PORT OF SPAIN — Trinidad and Tobago faces sluggish economic growth unless it overhauls longstanding policy weaknesses, according to the latest IMF Article IV consultation released before Carnival. The report forecasts GDP expansion of 0.8 percent in 2025, dipping to 0.7 percent in 2026, before rebounding to 2.5 percent in 2027 and 3.9 percent in 2028—driven largely by energy sector recovery.
Energy price crashes have repeatedly battered the economy here. Back in 1982, as the oil boom faded, then-Prime Minister George Chambers told citizens after Carnival, ‘Fete over, back to work.’ The call for higher productivity went unheeded. Energy prices plunged again in 2014, alongside falling natural gas output, sparking a depression that lasted until 2022. A post-COVID rebound and the Ukraine war finally lifted prices and delivered modest growth.
Finance Minister Davendranath Tancoo’s performance mirrors his predecessor’s, the IMF states. Core problems endure. The report repeats calls for better macroeconomic data—more accurate, timely and thorough—to support effective governance. Strong institutions demand quality information, it adds.
A flexible foreign exchange regime tops the list of fixes. Officials say the current policy mix clashes with the de facto fixed exchange rate, draining reserves amid chronic shortages. Fiscal deficits stoke demand for dollars. Narrowing interest rate gaps with the United States would attract capital and make local assets appealing, the report argues. Central Bank Governor Alvin Hilary floated a similar interest rate tweak last year.
Fiscal strains loom large. Accounting for public wage deals, new hires and projected energy prices, the IMF sees a 2026 deficit hitting 5 percent of GDP—over twice the budget projection. The financial sector stays stable and well-capitalized. Still, heavy government borrowing risks exposing banks to sovereign default, a point echoed by S&P Global Ratings. That agency shifted its view on local banking risks from stable to negative earlier this month.
Labor trends worsen the picture. A falling participation rate hampers productivity, competitiveness and tax revenue. The IMF demands action to reverse it.

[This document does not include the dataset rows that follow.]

//! A cursor over entries in memory, for tests.

ghost use Rattle.std.specs.Prelude.{◌≡◌, ◌≤◌, Some, false, OnOk, OnErr, length, option_map};
ghost use Rattle.peb_base.specs.Cursors.{CountsFaults, refusal};
ghost use Rattle.peb_base.specs.Entries.{comes_before};
ghost use Rattle.peb_base.specs.EntryRefs.{entry_of};
ghost use Rattle.peb_base.specs.declared.entry.Entry.{Entry};
ghost use Rattle.merge_iter.specs.Trials.{fits, shown_at, is_lower, reaches};

use peb_base::{Change, ChangeRef, Cursor, Entry, EntryRef, Number, ReadFault, is_before};

/// A cursor over entries in memory. An entry that comes before the one before it ends a walk on.
#[derive(Drop)]
pub struct TrialCursor {
    entries: Vec<Entry>,
    /// The number of entries at no place.
    place: usize,
    /// How many moves are made before the next one refuses.
    moves: u64,
    /// What that one refuses with.
    refuses: Option<ReadFault>,
    failed: u64,
    refused: Option<ReadFault>,
    ghost inside: { place ≤ length entries.items },
}

/// Lends an entry.
fn lent(entry: &Entry) -> EntryRef<'_>
    ensures { entry_of result ≡ entry.now }
{
    match &entry.change {
        Change::Put(value) => EntryRef::new(
            entry.key.bytes(),
            entry.number,
            ChangeRef::Put(value.bytes()),
        ),
        Change::Delete => EntryRef::new(entry.key.bytes(), entry.number, ChangeRef::Delete),
    }
}

/// Whether an entry is within its limits.
fn is_entry(entry: &EntryRef<'_>) -> bool
    ensures { result ≡ fits (entry_of entry.now) }
{
    0 < entry.key.len()
        && entry.key.len() <= 1024
        && entry.number < 9_223_372_036_854_775_808
        && entry.change.len() <= 32768
}

impl TrialCursor {
    /// At no place, and never refusing.
    pub fn new(entries: Vec<Entry>) -> TrialCursor {
        let place = entries.len();
        TrialCursor {
            entries,
            place,
            moves: 0,
            refuses: None,
            failed: 0,
            refused: None,
        }
    }

    /// Refuses the move after so many.
    pub fn refuse_after(&mut self, moves: u64, fault: ReadFault) {
        self.moves = moves;
        self.refuses = Some(fault);
    }

    fn entry_at(&self, place: usize) -> Option<EntryRef<'_>>
        ensures { option_map entry_of result ≡ shown_at self.now.entries.items place }
    {
        let Some(entry) = self.entries.get(place) else {
            return None;
        };
        let entry = lent(entry);
        if !is_entry(&entry) {
            return None;
        }
        Some(entry)
    }

    fn lower(&self, place: usize, other: usize) -> bool
        ensures { result ≡ is_lower (shown_at self.now.entries.items place)
            (shown_at self.now.entries.items other) }
    {
        let Some(a) = self.entry_at(place) else {
            return false;
        };
        let Some(b) = self.entry_at(other) else {
            return false;
        };
        is_before(a.key, a.number, b.key, b.number)
    }

    fn has_reached(&self, place: usize, key: &[u8], number: u64) -> bool
        ensures { result ≡ reaches key.now number (shown_at self.now.entries.items place) }
    {
        let Some(entry) = self.entry_at(place) else {
            return false;
        };
        !is_before(entry.key, entry.number, key, number)
    }

    /// The place of the first entry that doesn't come before a key and number.
    fn find(&self, key: &[u8], number: u64) -> usize
        ensures inside { result ≤ length self.now.entries.items }
        ensures behind { (e : Entry) → shown_at self.now.entries.items result ≡ Some e
            → comes_before e.key e.number key.now number ≡ false }
    {
        for place in 0..self.entries.len() {
            if self.has_reached(place, key, number) {
                return place;
            }
        }
        self.entries.len()
    }

    /// Counts a move, which may refuse.
    fn begin(&mut self) -> Result<(), ReadFault>
        ensures ok { OnOk result (self.new.place ≡ self.old.place) }
        ensures nothing { OnErr result (self.new.place ≡ length self.old.entries.items) }
        ensures refused { self.new.refused ≡ refusal result }
        ensures counts { CountsFaults self.old.failed self.new.failed result }
        ensures entries { self.new.entries ≡ self.old.entries }
    {
        self.refused = None;
        if self.moves > 0 {
            self.moves -= 1;
            return Ok(());
        }
        let Some(fault) = self.refuses else {
            return Ok(());
        };
        self.refuses = None;
        self.place = self.entries.len();
        self.failed = self.failed.saturating_add(1);
        self.refused = Some(fault);
        Err(fault)
    }
}

impl Cursor for TrialCursor {
    ghost use Rattle.std.specs.Prelude.{◌≡◌, ℕ, suc, List, Some, length, slice_get};
    ghost use Rattle.std.proofs.Common.{◌∙◌};
    ghost use Rattle.peb_base.specs.Cursors.{ComesBeforeNone};
    ghost use Rattle.peb_base.specs.declared.entry.Entry.{Entry};
    ghost use Rattle.merge_iter.specs.Trials.{shown_at, steps_on, steps_back, checked_fits, bounded_steps};

    ghost stands = { λ c es place. ⊥ };

    ghost shows = { λ c. shown_at c.entries.items c.place };

    ghost walks = { λ c es. (e : Entry) → shown_at c.entries.items c.place ≡ Some e → ComesBeforeNone e es };

    ghost ahead = { λ c. steps_on (length c.entries.items) c.place };

    ghost back = { λ c. steps_back (length c.entries.items) c.place };

    ghost size = { λ c. suc (length c.entries.items) };

    ghost keeps = { λ a b. length b.entries.items ≡ length a.entries.items };

    ghost damaged = { λ c table at. Unit {0} };

    ghost faults = { λ c. c.failed };

    ghost refused = { λ c. c.refused };

    ghost among = { λ c es place never. absurd never };

    ghost within = { λ c e there. checked_fits (slice_get c.entries.items c.place) e there };

    ghost ascends = { λ c es e walks there. walks e there };

    ghost bounded = { λ c. bounded_steps c.place (length c.entries.items) c.inside };

    ghost kept = { λ c i. length c.entries.items };

    ghost kept_on = { λ a b c x y. y ∙ x };

    ghost kept_damage = { λ a b number at x. ((λ h. h), (λ h. h)) };

    ghost kept_size = { λ a b x i. suc (x i) };

    fn seek(&mut self, key: &[u8], number: Number) -> Result<(), ReadFault> {
        self.begin()?;
        self.place = self.find(key, number.packed());
        Ok(())
    }

    fn first(&mut self) -> Result<(), ReadFault> {
        self.begin()?;
        self.place = 0;
        Ok(())
    }

    fn last(&mut self) -> Result<(), ReadFault> {
        self.begin()?;
        self.place = self.entries.len().saturating_sub(1);
        Ok(())
    }

    fn next(&mut self) -> Result<(), ReadFault> {
        if self.at().is_none() {
            self.refused = None;
            return Ok(());
        }
        self.begin()?;
        let next = self.place + 1;
        if self.lower(next, self.place) {
            self.place = self.entries.len();
            return Ok(());
        }
        self.place = next;
        Ok(())
    }

    fn prev(&mut self) -> Result<(), ReadFault> {
        if self.at().is_none() {
            self.refused = None;
            return Ok(());
        }
        self.begin()?;
        if self.place == 0 || self.lower(self.place, self.place - 1) {
            self.place = self.entries.len();
            return Ok(());
        }
        self.place -= 1;
        Ok(())
    }

    fn at(&self) -> Option<EntryRef<'_>> {
        self.entry_at(self.place)
    }

    fn fault(&self) -> Option<ReadFault> {
        self.refused
    }
}
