//! Which of several cursors comes first.

ghost use Rattle.std.specs.Prelude.{◌≡◌, ◌<◌, true, false, not, map, length, if◌then◌else◌};
ghost use Rattle.merge_iter.specs.Heads.{head_at, meets_first, is_better, IsChosen};

use peb_base::{Cursor, is_before};

/// Whether a walk back, or on, meets the entry of the first cursor before that of the second, or the
/// second has none.
fn meets_before<C: Cursor>(a: &C, b: &C, is_back: bool) -> bool
    ensures { result ≡ meets_first is_back (C.shows a.now) (C.shows b.now) }
{
    let Some(e) = a.at() else {
        return false;
    };
    let Some(f) = b.at() else {
        return true;
    };
    if is_back {
        return is_before(f.key, f.number, e.key, e.number);
    }
    is_before(e.key, e.number, f.key, f.number)
}

/// Of two places, the one whose cursor a walk back, or on, takes first; the second is the earlier one.
fn better<C: Cursor>(inputs: &[C], place: usize, other: usize, is_back: bool) -> usize
    requires place { place < length inputs.now }
    requires other { other < length inputs.now }
    ensures { result ≡
        (if is_better is_back (map C.shows inputs.now) place other then place else other) }
{
    if is_back {
        if meets_before(&inputs[other], &inputs[place], true) {
            return other;
        }
        return place;
    }
    if meets_before(&inputs[place], &inputs[other], false) {
        return place;
    }
    other
}

/// The place of the cursor whose entry a walk back, or on, meets first, on the first such place, back the
/// last; None exactly where none has an entry.
pub fn chosen<C: Cursor>(inputs: &[C], is_back: bool) -> Option<usize>
    ensures { IsChosen is_back (map C.shows inputs.now) result }
{
    let mut best = 0;
    for i in 0..inputs.len() {
        best = better(inputs, i, best, is_back);
    }
    if best >= inputs.len() {
        return None;
    }
    match inputs[best].at() {
        Some(_) => Some(best),
        None => None,
    }
}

Diversification away from energy dependence remains a perennial plea. The report praises the government’s ‘Revitalisation Blueprint’ and push for private investment. It welcomes steps against money laundering and terrorism financing, plus upgrades at the Ministry of Legal Affairs’ Companies Registry and National Insurance system. Interest in project proposals and oversubscription of a recent $1 billion U.S. dollar bond offer signal some momentum.
Those glimmers fall short. Without bold changes, reserves will keep eroding and growth will stall, officials warn. The economy performs no better or worse than before. Urgent reforms must realign conflicting policies for lasting stability.